Content starts

//! Reading a store: the selected slot, and its content.

ghost use Rattle.std.specs.Prelude.{◌≡◌, ◌≢◌, ◌⊎◌, ◌↔◌, ℕ, ◌+◌, ◌-◌, ◌*◌, ◌/◌, ◌%◌, ◌^◌, ◌<◌};
ghost use Rattle.std.specs.Prelude.{◌≤◌, List, length, take, slice_index, Some, Err, IfOk, IfErr};
ghost use Rattle.std.specs.Int.{to_be_bytes, w32};
ghost use Rattle.dbl_base.specs.Streams.{FailsOnlyIfCounted};
ghost use Rattle.dbl_disk.specs.Disks.{IsOnly};
ghost use Rattle.dbl_offset_content.specs.Entries.{slot_content};
ghost use Rattle.dbl_offset_content.specs.Measures.{offset_limit};
ghost use Rattle.dbl_offset.specs.Slots.{HasByteAt, HasNoSelector};
ghost use Rattle.dbl_offset.specs.Slots.{HasSelectedEntry, HasSlotContent, HasWrongMagic};
ghost use Rattle.dbl_offset.specs.Slots.{ReachesInSlot, SelectsSlot, block_start};
ghost use Rattle.dbl_offset.specs.Slots.{store_magic};
ghost use Rattle.dbl_offset.specs.Stores.{IsNoStoreAt};

use crate::OffsetError;
use crate::slots::{BLOCK, block_end};
use dbl_disk::Disk;
use dbl_offset_content::{LENGTH_BYTES, OFFSET_LIMIT};
use std::alloc::Global;

const MAGIC: [u8; 8] = *b"DBLOFFS2";

// The number of leading bytes that agree with the magic.
#[tactic(auto, unfolding(crate::specs::Slots::store_magic))]
fn matching(bytes: &[u8]) -> u64
    ensures within { result ≤ 8 }
    ensures same { take result bytes.now ≡ take result store_magic }
    ensures differs { result < 8 →
        take (result + 1) bytes.now ≢ take (result + 1) store_magic }
{
    let mut count = 0;
    'bytes: while count < MAGIC.len() && count < bytes.len() && bytes[count] == MAGIC[count] {
        count += 1;
    }
    count as u64
}

// The slot that is selected.
fn read_slot<D: Disk>(disk: &mut D) -> Result<u64, OffsetError>
    ensures read { (bytes : List ℕ) → D.seen disk.old ≡ Some bytes →
        IfOk result (λ slot. SelectsSlot bytes slot) }
    ensures small { IfOk result (λ slot. slot < 2) }
    ensures none { (bytes : List ℕ) (at : ℕ) → D.seen disk.old ≡ Some bytes →
        result ≡ Err (OffsetError.NotAStore at) →
        HasWrongMagic bytes at ⊎ HasNoSelector bytes at }
    ensures kinds { IfErr result
        (λ e. (e ≡ OffsetError.Failed) ⊎ ((at : ℕ) × (e ≡ OffsetError.NotAStore at))) }
    ensures seen { D.seen disk.new ≡ D.seen disk.old }
    ensures crash { (crashed : List ℕ) →
        D.may_leave disk.new crashed ↔ D.may_leave disk.old crashed }
    ensures cause { FailsOnlyIfCounted (result ≡ Err OffsetError.Failed)
        (D.faults disk.old) (D.faults disk.new) }
    ensures steady { (bytes : List ℕ) → D.seen disk.old ≡ Some bytes →
        result ≢ Err OffsetError.Failed → D.faults disk.new ≡ D.faults disk.old }
{
    let mut head = [0u8; 9];
    let got = disk.read_at(0, &mut head)?;
    let at = matching(&head[..got]);
    if at < 8 {
        return Err(OffsetError::NotAStore { at });
    }
    if got < 9 {
        return Err(OffsetError::NotAStore { at: 8 });
    }
    Ok((head[8] % 2) as u64)
}

// The position of the last of a content's `total` bytes.
fn last_position(slot: u64, total: u64) -> u64
    requires slot { slot < 2 }
    requires some { 1 ≤ total }
    requires short { total ≤ offset_limit + 4 }
    ensures { result ≡ block_start slot ((total - 1) / 4096) + (total - 1) % 4096 }
{
    let last = total - 1;
    16 + 8192 * (last / 4096) + 4096 * slot + last % 4096
}

// The number that the four bytes encode.
fn length_in(head: &[u8]) -> u32
    requires { length head.now ≡ 4 }
    ensures spelled { head.now ≡ to_be_bytes w32 result }
    ensures fits { result < 2 ^ 32 }
{
    u32::from_be_bytes([head[0], head[1], head[2], head[3]])
}

// The length with which a slot's content begins.
fn read_length<D: Disk>(disk: &mut D, slot: u64) -> Result<u32, OffsetError>
    requires { slot < 2 }
    ensures read { (bytes : List ℕ) → D.seen disk.old ≡ Some bytes →
        IfOk result (λ n. (at : ℕ) → at < 4 →
        HasByteAt bytes (block_start slot 0 + at) (slice_index (to_be_bytes w32 n) at)) }
    ensures none { (bytes entry : List ℕ) (at : ℕ) → D.seen disk.old ≡ Some bytes →
        result ≡ Err (OffsetError.NotAStore at) →
        ¬ HasSlotContent bytes slot (slot_content entry) }
    ensures kinds { IfErr result (λ e. (e ≡ OffsetError.Failed) ⊎
        (e ≡ OffsetError.NotAStore (block_start slot 0))) }
    ensures seen { D.seen disk.new ≡ D.seen disk.old }
    ensures crash { (crashed : List ℕ) →
        D.may_leave disk.new crashed ↔ D.may_leave disk.old crashed }
    ensures cause { FailsOnlyIfCounted (result ≡ Err OffsetError.Failed)
        (D.faults disk.old) (D.faults disk.new) }
    ensures steady { (bytes : List ℕ) → D.seen disk.old ≡ Some bytes →
        result ≢ Err OffsetError.Failed → D.faults disk.new ≡ D.faults disk.old }
{
    let mut head = [0u8; 4];
    let got = disk.read_at(16 + 4096 * slot, &mut head)?;
    if got < 4 {
        return Err(OffsetError::NotAStore {
            at: 16 + 4096 * slot,
        });
    }
    Ok(length_in(&head))
}

// The first `total` bytes of a slot's content, up to which the disk has to reach.
fn read_blocks<D: Disk>(
    alloc: Global,
    disk: &mut D,
    slot: u64,
    total: usize,
) -> Result<Vec<u8>, OffsetError>
    requires slot { slot < 2 }
    requires short { total ≤ offset_limit + 4 }
    ensures long { IfOk result (λ content. length content.items ≡ total) }
    ensures read { (bytes : List ℕ) → D.seen disk.old ≡ Some bytes →
        ReachesInSlot bytes slot total →
        IfOk result (λ content. HasSlotContent bytes slot content.items) }
    ensures reached { (bytes : List ℕ) (at : ℕ) → D.seen disk.old ≡ Some bytes →
        ReachesInSlot bytes slot total → result ≢ Err (OffsetError.NotAStore at) }
    ensures kinds { IfErr result (λ e. (e ≡ OffsetError.Failed) ⊎ ((e ≡ OffsetError.Memory) ⊎
        (e ≡ OffsetError.NotAStore (block_start slot 0)))) }
    ensures seen { D.seen disk.new ≡ D.seen disk.old }
    ensures crash { (crashed : List ℕ) →
        D.may_leave disk.new crashed ↔ D.may_leave disk.old crashed }
    ensures cause { FailsOnlyIfCounted (result ≡ Err OffsetError.Failed)
        (D.faults disk.old) (D.faults disk.new) }
    ensures steady { (bytes : List ℕ) → D.seen disk.old ≡ Some bytes →
        result ≢ Err OffsetError.Failed → D.faults disk.new ≡ D.faults disk.old }
{
    let mut content = Vec::with_capacity(alloc, total)?;
    let mut buffer = [0u8; BLOCK];
    let mut block: u64 = 0;
    'each: while content.len() < total {
        let count = block_end(content.len(), total) - content.len();
        let got = disk.read_at(16 + 8192 * block + 4096 * slot, &mut buffer)?;
        if got < count {
            return Err(OffsetError::NotAStore {
                at: 16 + 4096 * slot,
            });
        }
        content.extend_from_slice(&buffer[..count])?;
        block += 1;
    }
    Ok(content)
}

// The content of a slot of a disk with `len` bytes. It takes memory only if the disk reaches as far
// as the content's length says.
fn read_content<D: Disk>(
    alloc: Global,
    disk: &mut D,
    slot: u64,
    len: u64,
) -> Result<Vec<u8>, OffsetError>
    requires { slot < 2 }
    ensures read { (bytes : List ℕ) → D.seen disk.old ≡ Some bytes → len ≡ length bytes →
        IfOk result (λ content. (entry : List ℕ) × (content.items ≡ slot_content entry) ×
        (length entry ≤ offset_limit) × HasSlotContent bytes slot content.items) }
    ensures long { IfOk result (λ content. 4 ≤ length content.items) }
    ensures none { (bytes entry : List ℕ) (at : ℕ) → D.seen disk.old ≡ Some bytes →
        len ≡ length bytes → result ≡ Err (OffsetError.NotAStore at) →
        length entry ≤ offset_limit → ¬ HasSlotContent bytes slot (slot_content entry) }
    ensures kinds { IfErr result (λ e. (e ≡ OffsetError.Failed) ⊎ ((e ≡ OffsetError.Memory) ⊎
        (e ≡ OffsetError.NotAStore (block_start slot 0)))) }
    ensures seen { D.seen disk.new ≡ D.seen disk.old }
    ensures crash { (crashed : List ℕ) →
        D.may_leave disk.new crashed ↔ D.may_leave disk.old crashed }
    ensures cause { FailsOnlyIfCounted (result ≡ Err OffsetError.Failed)
        (D.faults disk.old) (D.faults disk.new) }
    ensures steady { (bytes : List ℕ) → D.seen disk.old ≡ Some bytes →
        result ≢ Err OffsetError.Failed → D.faults disk.new ≡ D.faults disk.old }
{
    let n = read_length(disk, slot)? as u64;
    if n > OFFSET_LIMIT {
        return Err(OffsetError::NotAStore {
            at: 16 + 4096 * slot,
        });
    }
    if last_position(slot, n + 4) >= len {
        return Err(OffsetError::NotAStore {
            at: 16 + 4096 * slot,
        });
    }
    read_blocks(alloc, disk, slot, n as usize + LENGTH_BYTES)
}

/// The selected slot of a store, and its content.
#[derive(Drop)]
pub(crate) struct Found {
    pub(crate) slot: u64,
    pub(crate) content: Vec<u8>,
}

/// Finds the selected slot and its content. It syncs first, so from then on a crash leaves exactly
/// what was found.
pub(crate) fn find<D: Disk>(alloc: Global, disk: &mut D) -> Result<Found, OffsetError>
    ensures read { (bytes : List ℕ) → D.seen disk.old ≡ Some bytes →
        IfOk result (λ found. (entry : List ℕ) × (found.content.items ≡ slot_content entry) ×
        HasSelectedEntry bytes found.slot entry) }
    ensures shape { IfOk result (λ found. (found.slot < 2) × (4 ≤ length found.content.items)) }
    ensures none { (bytes : List ℕ) (at : ℕ) → D.seen disk.old ≡ Some bytes →
        result ≡ Err (OffsetError.NotAStore at) → IsNoStoreAt bytes at }
    ensures kinds { IfErr result (λ e. (e ≡ OffsetError.Failed) ⊎ ((e ≡ OffsetError.Memory) ⊎
        ((at : ℕ) × (e ≡ OffsetError.NotAStore at)))) }
    ensures only { (bytes : List ℕ) → D.seen disk.old ≡ Some bytes →
        result ≢ Err OffsetError.Failed → IsOnly bytes (D.may_leave disk.new) }
    ensures seen { D.seen disk.new ≡ D.seen disk.old }
    ensures crash { (crashed : List ℕ) →
        D.may_leave disk.new crashed → D.may_leave disk.old crashed }
    ensures cause { FailsOnlyIfCounted (result ≡ Err OffsetError.Failed)
        (D.faults disk.old) (D.faults disk.new) }
    ensures steady { (bytes : List ℕ) → D.seen disk.old ≡ Some bytes →
        result ≢ Err OffsetError.Failed → D.faults disk.new ≡ D.faults disk.old }
{
    disk.sync()?;
    let len = disk.len()?;
    let slot = read_slot(disk)?;
    let content = read_content(alloc, disk, slot, len)?;
    Ok(Found { slot, content })
}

Content ends

### Assignment
Please provide the number of lines in the listing above that contain the word "which", and nothing further.

### Response
2